All lines in the records below with the word "BeginsOf" must be returned.

==========

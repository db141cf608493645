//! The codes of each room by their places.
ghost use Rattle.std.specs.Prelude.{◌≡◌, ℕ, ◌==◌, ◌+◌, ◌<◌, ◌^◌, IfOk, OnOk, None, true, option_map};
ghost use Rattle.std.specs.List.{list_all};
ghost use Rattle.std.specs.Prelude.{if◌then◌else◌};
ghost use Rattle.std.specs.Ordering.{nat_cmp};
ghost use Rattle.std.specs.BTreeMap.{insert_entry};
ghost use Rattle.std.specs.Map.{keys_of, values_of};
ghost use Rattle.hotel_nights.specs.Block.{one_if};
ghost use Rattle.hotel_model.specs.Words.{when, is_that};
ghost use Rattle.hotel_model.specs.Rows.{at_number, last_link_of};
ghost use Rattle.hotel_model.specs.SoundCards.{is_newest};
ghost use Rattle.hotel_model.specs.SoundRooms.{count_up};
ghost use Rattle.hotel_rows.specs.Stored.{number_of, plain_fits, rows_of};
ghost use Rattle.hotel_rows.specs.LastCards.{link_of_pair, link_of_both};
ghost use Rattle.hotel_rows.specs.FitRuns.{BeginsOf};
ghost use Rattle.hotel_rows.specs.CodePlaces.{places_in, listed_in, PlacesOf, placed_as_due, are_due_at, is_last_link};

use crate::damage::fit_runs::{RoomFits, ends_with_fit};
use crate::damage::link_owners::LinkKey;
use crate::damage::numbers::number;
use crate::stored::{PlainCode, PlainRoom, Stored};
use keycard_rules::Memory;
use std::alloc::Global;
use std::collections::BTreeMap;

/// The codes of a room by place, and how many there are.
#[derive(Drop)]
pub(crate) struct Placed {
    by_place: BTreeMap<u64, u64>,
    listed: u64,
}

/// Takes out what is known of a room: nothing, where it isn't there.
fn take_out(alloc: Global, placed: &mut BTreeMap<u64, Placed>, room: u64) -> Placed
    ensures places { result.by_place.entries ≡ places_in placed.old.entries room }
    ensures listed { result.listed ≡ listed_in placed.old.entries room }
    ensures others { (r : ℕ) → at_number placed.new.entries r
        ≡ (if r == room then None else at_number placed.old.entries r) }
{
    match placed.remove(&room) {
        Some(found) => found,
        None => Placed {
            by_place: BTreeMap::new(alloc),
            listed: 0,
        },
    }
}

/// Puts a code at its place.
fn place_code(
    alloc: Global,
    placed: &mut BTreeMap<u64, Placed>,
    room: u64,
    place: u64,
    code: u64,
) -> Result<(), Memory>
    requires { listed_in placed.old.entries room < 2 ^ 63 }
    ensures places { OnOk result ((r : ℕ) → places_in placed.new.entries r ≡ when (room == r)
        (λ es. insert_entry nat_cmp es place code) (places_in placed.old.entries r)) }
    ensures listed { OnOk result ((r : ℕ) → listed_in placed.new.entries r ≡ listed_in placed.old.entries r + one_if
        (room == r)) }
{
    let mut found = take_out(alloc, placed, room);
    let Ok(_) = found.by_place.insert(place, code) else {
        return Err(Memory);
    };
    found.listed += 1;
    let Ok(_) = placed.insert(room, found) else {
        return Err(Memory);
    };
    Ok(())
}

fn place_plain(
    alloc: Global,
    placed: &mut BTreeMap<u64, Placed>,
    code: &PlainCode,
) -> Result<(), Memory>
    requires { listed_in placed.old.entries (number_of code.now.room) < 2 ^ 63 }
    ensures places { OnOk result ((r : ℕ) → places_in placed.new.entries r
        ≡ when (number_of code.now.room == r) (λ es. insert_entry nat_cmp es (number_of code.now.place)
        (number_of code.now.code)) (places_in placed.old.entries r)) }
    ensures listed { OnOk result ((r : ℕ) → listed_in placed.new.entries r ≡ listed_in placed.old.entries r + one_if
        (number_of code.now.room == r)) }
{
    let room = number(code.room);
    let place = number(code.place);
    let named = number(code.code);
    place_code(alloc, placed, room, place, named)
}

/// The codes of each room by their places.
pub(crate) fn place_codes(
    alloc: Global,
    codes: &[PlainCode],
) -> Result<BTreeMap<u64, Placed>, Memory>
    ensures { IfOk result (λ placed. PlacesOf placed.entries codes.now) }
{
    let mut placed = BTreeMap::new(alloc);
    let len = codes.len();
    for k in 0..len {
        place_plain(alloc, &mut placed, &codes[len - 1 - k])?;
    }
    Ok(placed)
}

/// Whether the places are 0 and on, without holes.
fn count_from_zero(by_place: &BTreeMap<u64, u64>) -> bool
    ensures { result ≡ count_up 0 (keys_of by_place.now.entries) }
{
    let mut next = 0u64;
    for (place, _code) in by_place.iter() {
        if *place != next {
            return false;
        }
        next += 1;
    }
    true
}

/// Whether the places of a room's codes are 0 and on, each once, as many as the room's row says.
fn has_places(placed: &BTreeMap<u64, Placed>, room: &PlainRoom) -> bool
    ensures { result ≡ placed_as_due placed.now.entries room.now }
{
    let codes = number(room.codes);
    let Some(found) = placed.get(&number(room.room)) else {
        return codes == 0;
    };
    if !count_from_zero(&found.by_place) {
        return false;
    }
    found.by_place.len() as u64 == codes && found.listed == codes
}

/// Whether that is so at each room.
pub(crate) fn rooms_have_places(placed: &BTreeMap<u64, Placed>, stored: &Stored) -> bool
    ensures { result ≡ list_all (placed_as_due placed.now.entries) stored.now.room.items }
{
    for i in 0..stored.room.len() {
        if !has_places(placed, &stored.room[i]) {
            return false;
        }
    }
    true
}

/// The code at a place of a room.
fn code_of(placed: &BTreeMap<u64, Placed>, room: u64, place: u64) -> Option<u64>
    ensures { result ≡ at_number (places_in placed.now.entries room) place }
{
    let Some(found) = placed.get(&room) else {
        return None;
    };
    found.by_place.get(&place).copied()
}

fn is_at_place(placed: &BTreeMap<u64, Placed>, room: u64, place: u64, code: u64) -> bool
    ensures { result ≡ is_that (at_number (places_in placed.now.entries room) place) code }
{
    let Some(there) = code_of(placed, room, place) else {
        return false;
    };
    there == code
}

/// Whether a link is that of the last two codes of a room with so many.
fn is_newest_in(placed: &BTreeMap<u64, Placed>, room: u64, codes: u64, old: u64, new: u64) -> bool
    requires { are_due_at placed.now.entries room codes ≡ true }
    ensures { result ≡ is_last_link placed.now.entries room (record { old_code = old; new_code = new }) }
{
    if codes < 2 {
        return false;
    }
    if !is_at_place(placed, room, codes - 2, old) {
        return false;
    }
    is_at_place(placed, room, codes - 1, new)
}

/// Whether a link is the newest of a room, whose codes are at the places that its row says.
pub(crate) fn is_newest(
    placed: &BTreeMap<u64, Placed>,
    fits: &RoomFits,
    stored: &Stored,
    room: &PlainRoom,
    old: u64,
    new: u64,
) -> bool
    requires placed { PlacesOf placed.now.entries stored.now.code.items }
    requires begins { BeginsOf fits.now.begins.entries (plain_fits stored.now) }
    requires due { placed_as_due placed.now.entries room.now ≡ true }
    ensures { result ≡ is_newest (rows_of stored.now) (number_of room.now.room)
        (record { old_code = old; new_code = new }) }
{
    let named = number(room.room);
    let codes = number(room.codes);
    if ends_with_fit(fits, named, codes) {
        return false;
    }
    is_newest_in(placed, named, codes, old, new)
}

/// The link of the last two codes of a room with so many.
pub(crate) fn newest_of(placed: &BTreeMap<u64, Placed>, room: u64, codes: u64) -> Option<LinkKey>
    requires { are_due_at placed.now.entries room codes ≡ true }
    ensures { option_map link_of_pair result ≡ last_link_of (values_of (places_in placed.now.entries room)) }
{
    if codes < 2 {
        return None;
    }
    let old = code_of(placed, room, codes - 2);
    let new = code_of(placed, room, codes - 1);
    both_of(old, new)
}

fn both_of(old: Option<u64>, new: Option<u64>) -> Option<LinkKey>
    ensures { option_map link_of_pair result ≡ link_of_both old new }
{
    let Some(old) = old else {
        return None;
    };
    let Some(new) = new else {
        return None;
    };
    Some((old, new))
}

==========

Answer area
ghost use Rattle.hotel_rows.specs.FitRuns.{BeginsOf};
    requires begins { BeginsOf fits.now.begins.entries (plain_fits stored.now) }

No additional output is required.